- _Requirement_
Begin at the line containing "impl From<AllocError> for" in the data below and go on through the line containing "filename crates/hub/src/commissioning.rt", repeating each line exactly; include both ends and no other line.

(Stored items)
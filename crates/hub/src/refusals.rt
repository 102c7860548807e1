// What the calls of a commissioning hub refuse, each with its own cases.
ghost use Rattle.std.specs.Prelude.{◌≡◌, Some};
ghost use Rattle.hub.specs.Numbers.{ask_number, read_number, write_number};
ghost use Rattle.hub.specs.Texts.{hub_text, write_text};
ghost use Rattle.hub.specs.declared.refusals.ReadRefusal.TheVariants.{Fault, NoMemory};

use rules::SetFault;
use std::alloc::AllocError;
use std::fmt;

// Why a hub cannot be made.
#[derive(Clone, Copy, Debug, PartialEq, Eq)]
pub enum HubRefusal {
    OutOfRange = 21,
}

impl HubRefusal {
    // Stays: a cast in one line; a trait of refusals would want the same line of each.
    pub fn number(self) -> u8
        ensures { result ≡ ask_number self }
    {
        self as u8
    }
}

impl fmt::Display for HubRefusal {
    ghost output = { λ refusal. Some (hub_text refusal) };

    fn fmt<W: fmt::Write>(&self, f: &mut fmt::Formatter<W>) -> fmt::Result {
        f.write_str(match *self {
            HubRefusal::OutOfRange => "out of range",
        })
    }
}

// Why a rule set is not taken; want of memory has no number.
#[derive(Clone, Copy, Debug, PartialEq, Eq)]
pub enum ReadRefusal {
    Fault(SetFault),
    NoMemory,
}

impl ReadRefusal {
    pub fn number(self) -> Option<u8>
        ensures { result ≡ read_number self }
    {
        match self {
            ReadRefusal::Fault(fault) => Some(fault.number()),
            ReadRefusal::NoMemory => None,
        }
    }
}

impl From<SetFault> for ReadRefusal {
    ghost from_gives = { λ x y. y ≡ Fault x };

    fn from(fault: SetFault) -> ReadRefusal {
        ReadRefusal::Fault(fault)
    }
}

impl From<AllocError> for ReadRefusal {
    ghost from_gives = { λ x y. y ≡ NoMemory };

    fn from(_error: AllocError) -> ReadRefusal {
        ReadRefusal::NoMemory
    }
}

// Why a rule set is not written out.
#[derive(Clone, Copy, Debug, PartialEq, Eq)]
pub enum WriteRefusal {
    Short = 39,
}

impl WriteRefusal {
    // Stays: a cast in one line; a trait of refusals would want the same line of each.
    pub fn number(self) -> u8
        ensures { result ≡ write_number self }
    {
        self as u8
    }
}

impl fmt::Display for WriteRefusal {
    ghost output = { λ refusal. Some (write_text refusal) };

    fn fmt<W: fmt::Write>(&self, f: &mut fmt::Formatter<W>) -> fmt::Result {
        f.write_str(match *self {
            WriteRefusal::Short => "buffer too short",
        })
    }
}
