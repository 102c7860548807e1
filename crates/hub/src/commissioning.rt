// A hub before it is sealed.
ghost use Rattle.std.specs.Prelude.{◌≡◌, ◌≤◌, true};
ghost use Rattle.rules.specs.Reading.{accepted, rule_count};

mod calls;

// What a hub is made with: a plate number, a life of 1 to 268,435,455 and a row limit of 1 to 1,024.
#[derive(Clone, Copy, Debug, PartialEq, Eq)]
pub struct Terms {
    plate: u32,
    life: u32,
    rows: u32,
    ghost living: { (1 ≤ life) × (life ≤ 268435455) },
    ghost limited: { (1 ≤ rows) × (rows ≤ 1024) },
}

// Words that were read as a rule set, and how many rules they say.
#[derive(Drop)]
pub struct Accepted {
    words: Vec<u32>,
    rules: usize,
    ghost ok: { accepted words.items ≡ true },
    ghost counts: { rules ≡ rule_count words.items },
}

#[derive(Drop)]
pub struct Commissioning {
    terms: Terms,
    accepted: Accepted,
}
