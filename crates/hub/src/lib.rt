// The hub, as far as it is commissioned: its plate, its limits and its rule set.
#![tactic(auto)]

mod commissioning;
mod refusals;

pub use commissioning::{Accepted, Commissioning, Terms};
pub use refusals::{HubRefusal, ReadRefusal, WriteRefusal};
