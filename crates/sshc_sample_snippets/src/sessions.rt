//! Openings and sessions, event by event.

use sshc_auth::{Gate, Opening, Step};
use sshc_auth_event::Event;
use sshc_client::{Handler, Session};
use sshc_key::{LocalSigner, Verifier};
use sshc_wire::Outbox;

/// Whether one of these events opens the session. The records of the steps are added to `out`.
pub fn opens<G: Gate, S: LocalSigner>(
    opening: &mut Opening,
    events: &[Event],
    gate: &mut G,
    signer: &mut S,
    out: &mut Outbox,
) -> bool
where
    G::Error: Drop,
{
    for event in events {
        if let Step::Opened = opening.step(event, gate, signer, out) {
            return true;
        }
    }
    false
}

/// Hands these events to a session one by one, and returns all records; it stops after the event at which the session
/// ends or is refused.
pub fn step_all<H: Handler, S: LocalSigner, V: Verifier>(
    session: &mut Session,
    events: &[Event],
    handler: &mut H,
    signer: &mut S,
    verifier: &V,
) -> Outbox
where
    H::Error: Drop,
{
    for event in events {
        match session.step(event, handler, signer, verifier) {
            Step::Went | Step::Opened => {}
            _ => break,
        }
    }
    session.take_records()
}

- _Task answer_
impl From<AllocError> for ReadRefusal {
    ghost from_gives = { λ x y. y ≡ NoMemory };

    fn from(_error: AllocError) -> ReadRefusal {
        ReadRefusal::NoMemory
    }
}

// Why a rule set is not written out.
#[derive(Clone, Copy, Debug, PartialEq, Eq)]
pub enum WriteRefusal {
    Short = 39,
}

impl WriteRefusal {
    // Stays: a cast in one line; a trait of refusals would want the same line of each.
    pub fn number(self) -> u8
        ensures { result ≡ write_number self }
    {
        self as u8
    }
}

impl fmt::Display for WriteRefusal {
    ghost output = { λ refusal. Some (write_text refusal) };

    fn fmt<W: fmt::Write>(&self, f: &mut fmt::Formatter<W>) -> fmt::Result {
        f.write_str(match *self {
            WriteRefusal::Short => "buffer too short",
        })
    }
}
repository 102c7860548807e1
filename crates/hub/src/commissioning.rt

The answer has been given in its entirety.